On the issue of whether to continue funding Ukraine in their war against Russia, the Republican base has been split. Seventy House Republicans voted this summer to cut military aid, while DeSantis was roasted earlier this year by other Republicans for calling the issue a “territorial dispute,” which he later walked back.

On the debate stage, DeSantis hedged, saying that he would stop aid to Ukraine unless European governments stepped up to “pull their weight.”

Later former South Carolina governor and U.N. Ambassador Nikki Haley seemed to take him to task for that comment, saying that in terms of financial aid to GDP, “11 of the European countries have given more than the U.S,”, a claim that a CNN fact checker ruled was “accurate.”

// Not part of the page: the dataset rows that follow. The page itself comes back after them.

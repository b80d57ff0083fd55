// `cert_checker`: a certificate's text that is read and printed, and one of each fault. Further faults are told by the
// program in the end-to-end suite.
ghost use Rattle.std.specs.Prelude.{◌≡◌, IfOk, length};
ghost use Rattle.net_model.specs.Wires.{parts_of};

use crate::networks::network;
use cert_checker::{CertError, CertFault, CertKind, print_cert, read_cert};
use cert_rules::Certificate;
use net_model::Network;
use std::alloc::Global;
use std::test::Fail;

const SUM: &[u8] =
    b"net 1\nin a s16 0 1000\nin b s16.4 -160 160\nwire c s16 = Mfx_ConvertP2_s16_s16 b\nwire s s16 = Mfx_Add_s16s16_s16 a c\nout s\n";

// A certificate's text for the sum, and the one that it is printed as.
const SUM_TEXT: &[u8] =
    b"\xEF\xBB\xBF\ncert 1 # a sum\r\npart a 0 01000 0\n\npart b -160 +160 -0\npart c\t-10 10 65536\npart s -10 1010 65536";

const SUM_CERT: &[u8] =
    b"cert 1\npart a 0 1000 0\npart b -160 160 0\npart c -10 10 65536\npart s -10 1010 65536\n";

// The parts of a lag are `x`, `y.Y`, `y.X1` and `y`.
const LAG: &[u8] = b"net 1\nin x s16 0 100\nwire y s16 = Efx_PT1_s16_s16 x 32768 65536\nout y\n";

const LAG_CERT: &[u8] =
    b"cert 1\npart x 0 100 0\npart y.Y 0 6553600 65536\npart y.X1 0 100 0\npart y 0 100 32769\n";

const FAULTS: [(&[u8], u32, CertKind); 6] = [
    (b"", 1, CertKind::NoHead),
    (b"cert 1\npart x 0 100\n", 2, CertKind::BadLine),
    (b"cert 1\npart y 0 100 0\n", 2, CertKind::WrongPart),
    (b"cert 1\npart x 0 100 -1\n", 2, CertKind::BadNumber),
    (b"cert 1\npart x 9 8 0\n", 2, CertKind::EmptyRange),
    (b"cert 1\npart x 0 100 0\n", 2, CertKind::Missing),
];

// The certificate of a text that is short enough to be read.
fn certificate(alloc: Global, net: &Network, text: &[u8]) -> Result<Certificate, Fail>
    ensures { IfOk result (λ cert. length cert ≡ length (parts_of net.now.wires)) }
{
    if text.len() < 1000 {
        Ok(read_cert(alloc, net, text)?)
    } else {
        Err("a text too long for a test")?
    }
}

// A text as its certificate is printed.
fn printed(alloc: Global, net: &[u8], text: &[u8]) -> Result<Vec<u8>, Fail> {
    let net = network(alloc, net)?;
    let cert = certificate(alloc, &net, text)?;
    Ok(print_cert(alloc, &net, &cert)?)
}

#[test]
fn prints_what_it_read(rt: HostRuntime) -> Result<(), Fail> {
    for (net, text, canonical) in [(SUM, SUM_TEXT, SUM_CERT), (LAG, LAG_CERT, LAG_CERT)] {
        assert_eq!(rt; printed(rt.alloc(), net, text)?.as_slice(), canonical);
    }
    Ok(())
}

// The first fault of a text, if it has one.
fn fault_of(alloc: Global, net: &Network, text: &[u8]) -> Result<Option<CertFault>, Fail> {
    if text.len() >= 1000 {
        Err("a text too long for a test")?;
    }
    match read_cert(alloc, net, text) {
        Ok(_) => Ok(None),
        Err(CertError::Fault(fault)) => Ok(Some(fault)),
        Err(CertError::OutOfMemory) => Err("out of memory")?,
    }
}

// The first fault of a text for the lag, if it has one.
fn lag_fault(alloc: Global, text: &[u8]) -> Result<Option<CertFault>, Fail> {
    let net = network(alloc, LAG)?;
    fault_of(alloc, &net, text)
}

#[test]
fn faults_are_told(rt: HostRuntime) -> Result<(), Fail> {
    for (text, line, kind) in FAULTS {
        let fault = lag_fault(rt.alloc(), text)?;
        assert_eq!(rt; fault, Some(CertFault { line, kind }));
    }
    Ok(())
}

When the candidates were asked if then Vice-President Mike Pence did the right thing by refusing to interfere in the congressional counting of electoral college votes as Donald Trump wanted in January 2021, DeSantis initially avoided answering the question, saying “this election is not about Jan. 6 of 2021. It’s about Jan. 20 of 2025, when the next President is going to take office.”

After Pence chided him for not answering the question, DeSantis responded that “Mike did his duty. I’ve got no beef with him.”

On the issue of abortion, DeSantis has seemingly never been comfortable in talking about the issue, even after signing a controversial six-week abortion ban which has turned off some of his biggest financial donors. The Florida governor said at the debate (as he has on the campaign trail) that he does not think a national abortion ban will work.

“Look, I understand Wisconsin is going to do it different than Texas. I understand Iowa and New Hampshire are going to do different. But I will support the cause of life as governor and as president,” DeSantis said.

While some critics dismissed his performance as relatively nondescript, some in the conservative intelligentsia applauded DeSantis’ performance.

“With his performance, DeSantis cemented himself as the man best suited to unseat Trump as the undisputed champion of Republican politics,” wrote New York Post columnist Isaac Schoor.

“DeSantis was solid, hit all his themes, and took no incoming fire – he helped himself,” said National Review editor Rich Lowry on X.

The governor’s critics were merciless.

“I think DeSantis tonight was absolutely terrible,” said MSNBC host Rachel Maddow. “I was shocked at how bad Ron DeSantis is at playing  politician.”

“Tonight, all of America saw what Floridians already know. Ron DeSantis is a small, weak politician whose anti-freedom agenda withers under the bright lights of a debate stage,” said Anders Croy, a spokesman for the anti-DeSantis group DeSantis Watch. “Our message for Ron DeSantis is simple: Drop out. Come home. Do your job and stop wasting taxpayer dollars on this ego-driven vanity project while Floridians continue to suffer under the affordability crisis you created.”

The debate came at a time when  the Florida governor’s popularity with the national GOP base has never been lower since he declared his candidacy for president in May.

Yahoo/YouGov poll of 1,665 adults released earlier this week showed that DeSantis’ support among Republican primary voters had dropped to an all-time low of just 12% – an 11% drop in just the last month alone. That’s now just 4 points higher than Ramaswamy – and the poll was taken last week, before the Wednesday night’s debate.